Question

Which one of the following alkaline earth metal sulphates has its hydration enthalpy greater than its lattice enthalpy?

• A. $CaSO_4$
• B. $BeSO_4$
• C. $BaSO_4$
• D. $SrSO_4$

Answer 1

The Correct Option is B

To determine which alkaline earth metal sulfate has a hydration enthalpy greater than its lattice enthalpy, we must understand the relationship between these two thermodynamic quantities.

The lattice enthalpy of a compound is the energy required to break one mole of a solid ionic compound into its gaseous ions. It is always positive since energy is required to overcome the forces holding the lattice together.

The hydration enthalpy is the energy released when gaseous ions dissolve in water to form a hydrated solution. It is usually negative since energy is released during this process.

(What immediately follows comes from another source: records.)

// Which skew is applied, and the shear of a table of drifts.
ghost use Rattle.std.specs.Prelude.{◌≡◌, ◌+◌, ◌^◌, ◌≤◌, ◌<◌, length, take};
ghost use Rattle.memory.specs.rules.Lists.{table, greatest};
ghost use Rattle.memory.specs.rules.Words.{over, same_words};
ghost use Rattle.rounding.specs.rules.Drift.{WithinOne};
ghost use Rattle.levelling.specs.rules.Shears as Shears;
ghost use Rattle.levelling.specs.rules.Shears.{drift_of, shear_of};
ghost use Rattle.levelling.specs.stages.Entries.{least_end, LeastOf, entry_of};

use memory::fill;
use params::LayoutParams;

// The entries that are found together: at gentle slopes most steps are level.
const STEP: u32 = 16;

// The row drift of a page column, or the column drift of a frame row.
#[derive(Clone, Copy, Debug, PartialEq, Eq)]
pub enum Drift {
    Row,
    Column,
}

// The shear of some drifts under a slope: each of them minus the least.
#[derive(Clone, Copy, Debug, PartialEq)]
struct Shear {
    which: Drift,
    slope: f64,
    least: i64,
}

// v, the skew or the slope, where the skew is applied: its magnitude is at least the sheet's `shear_min_deg`.
pub fn applied(sheet: LayoutParams, skew: f64, v: f64) -> f64
    ensures { result ≡ Shears.applied sheet skew v }
{
    if sheet.shear_min_deg <= skew.abs() {
        v
    } else {
        0.0
    }
}

// The shear of n drifts over the front of out.
pub fn fill_shear(out: &mut [u32], which: Drift, n: u32, slope: f64)
    requires count { (0 < n) × (n ≤ 2 ^ 15) × (n ≤ length out.old) }
    requires slope { WithinOne slope }
    ensures { out.new ≡ over (shear_of (table (drift_of which slope) n)) out.old }
{
    let shear = Shear::new(which, n, slope);
    for step in 0..n.div_ceil(STEP) {
        let c = step * STEP;
        let m = STEP.min(n - c);
        shear.fill_entries(c, &mut out[c as usize..(c + m) as usize]);
    }
}

// Whether the first n words are the shear of n drifts.
pub fn is_shear(words: &[u32], which: Drift, n: u32, slope: f64) -> bool
    requires count { (0 < n) × (n ≤ 2 ^ 15) × (n ≤ length words.now) }
    requires slope { WithinOne slope }
    ensures { result ≡ same_words (take n words.now) (shear_of (table (drift_of which slope) n)) }
{
    let shear = Shear::new(which, n, slope);
    for c in 0..n {
        if words[c as usize] != shear.entry(c) {
            return false;
        }
    }
    true
}

// The greatest entry of the shear of n drifts: it runs one way, so it is the first or the last.
pub fn greatest_entry(which: Drift, n: u32, slope: f64) -> u32
    requires count { (0 < n) × (n ≤ 2 ^ 15) }
    requires slope { WithinOne slope }
    ensures { result ≡ greatest (shear_of (table (drift_of which slope) n)) }
{
    let shear = Shear::new(which, n, slope);
    shear.entry(0).max(shear.entry(n - 1))
}

impl Shear {
    // That of n drifts: they run one way, so the least is the first or the last.
    fn new(which: Drift, n: u32, slope: f64) -> Shear
        requires { 0 < n }
        ensures { (result.which ≡ which) × (result.slope ≡ slope) × (result.least ≡ least_end (drift_of which slope) n) }
    {
        let least = drift_of(which, 0, slope).min(drift_of(which, n - 1, slope));
        Shear {
            which,
            slope,
            least,
        }
    }

    // Entry i: drift i minus the least.
    fn entry(self, i: u32) -> u32
        requires { LeastOf self.which self.slope (i + 1) self.least }
        ensures { result ≡ entry_of self.which self.slope self.least i }
    {
        (drift_of(self.which, i, self.slope) - self.least) as u32
    }

    // The entries from c on over out. The shear runs one way, so where the first and the last are equal all are.
    fn fill_entries(self, c: u32, out: &mut [u32])
        requires count { (0 < length out.old) × (length out.old ≤ 2 ^ 15) }
        requires least { LeastOf self.which self.slope (c + length out.old) self.least }
        ensures { out.new ≡ table (λ i. entry_of self.which self.slope self.least (c + i)) (length out.old) }
    {
        let first = self.entry(c);
        if first == self.entry(c + (out.len() - 1) as u32) {
            fill(out, first);
            return;
        }
        self.each_entry(c, out);
    }

    // The same one by one.
    fn each_entry(self, c: u32, out: &mut [u32])
        requires count { length out.old ≤ 2 ^ 15 }
        requires least { LeastOf self.which self.slope (c + length out.old) self.least }
        ensures { out.new ≡ table (λ i. entry_of self.which self.slope self.least (c + i)) (length out.old) }
    {
        for (i, x) in out.iter_mut().enumerate() {
            *x = self.entry(c + i as u32);
        }
    }
}

// Drift i: the row drift of page column i, or the column drift of frame row i. In place in each loop over a shear, where which it is and the slope
// are known.
#[inline(always)]
fn drift_of(which: Drift, i: u32, slope: f64) -> i64
    ensures { result ≡ drift_of which slope i }
{
    let steps = match which {
        Drift::Row => i as f64,
        Drift::Column => -(i as f64),
    };
    rounding::round_to_i64(steps * slope)
}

For a salt to be soluble, the hydration enthalpy must compensate for the lattice enthalpy. If the hydration enthalpy (absorbance) is greater in magnitude than the lattice enthalpy, the salt is more likely to dissolve in water.

The sizes of the cations affect these enthalpies. Smaller ions generally have higher hydration enthalpies due to their higher charge density, which attracts water molecules more strongly. Conversely, for lattice enthalpy, larger ions often result in lower values due to lower ionic interactions.

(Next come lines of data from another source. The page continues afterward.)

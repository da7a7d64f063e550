// A page plane that is moved into the frame.
use crate::Sides;

// Its dots, what added dots are, the sides, and the shear of each page column and of each frame row.
#[derive(Clone, Copy, Debug, PartialEq, Eq)]
pub struct PagePlane<'a> {
    pub page: &'a [u8],
    pub fill: u8,
    pub sides: Sides,
    pub shear: &'a [u32],
    pub shear_x: &'a [u32],
}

In the given options, beryllium sulfate, BeSO_4, involves the smallest cation, Be^{2+}, among the alkaline earth metals listed:

• Be^{2+} (Beryllium)
• Ca^{2+} (Calcium)
• Sr^{2+} (Strontium)
• Ba^{2+} (Barium)

Because of its smaller size and higher charge density, Be^{2+} should have a much higher hydration enthalpy. Consequently, the hydration enthalpy of BeSO_4 is greater than its lattice enthalpy, leading to better solubility in water compared to others in the group.

Therefore, the correct option is BeSO_4, as it has a hydration enthalpy that is greater than its lattice enthalpy.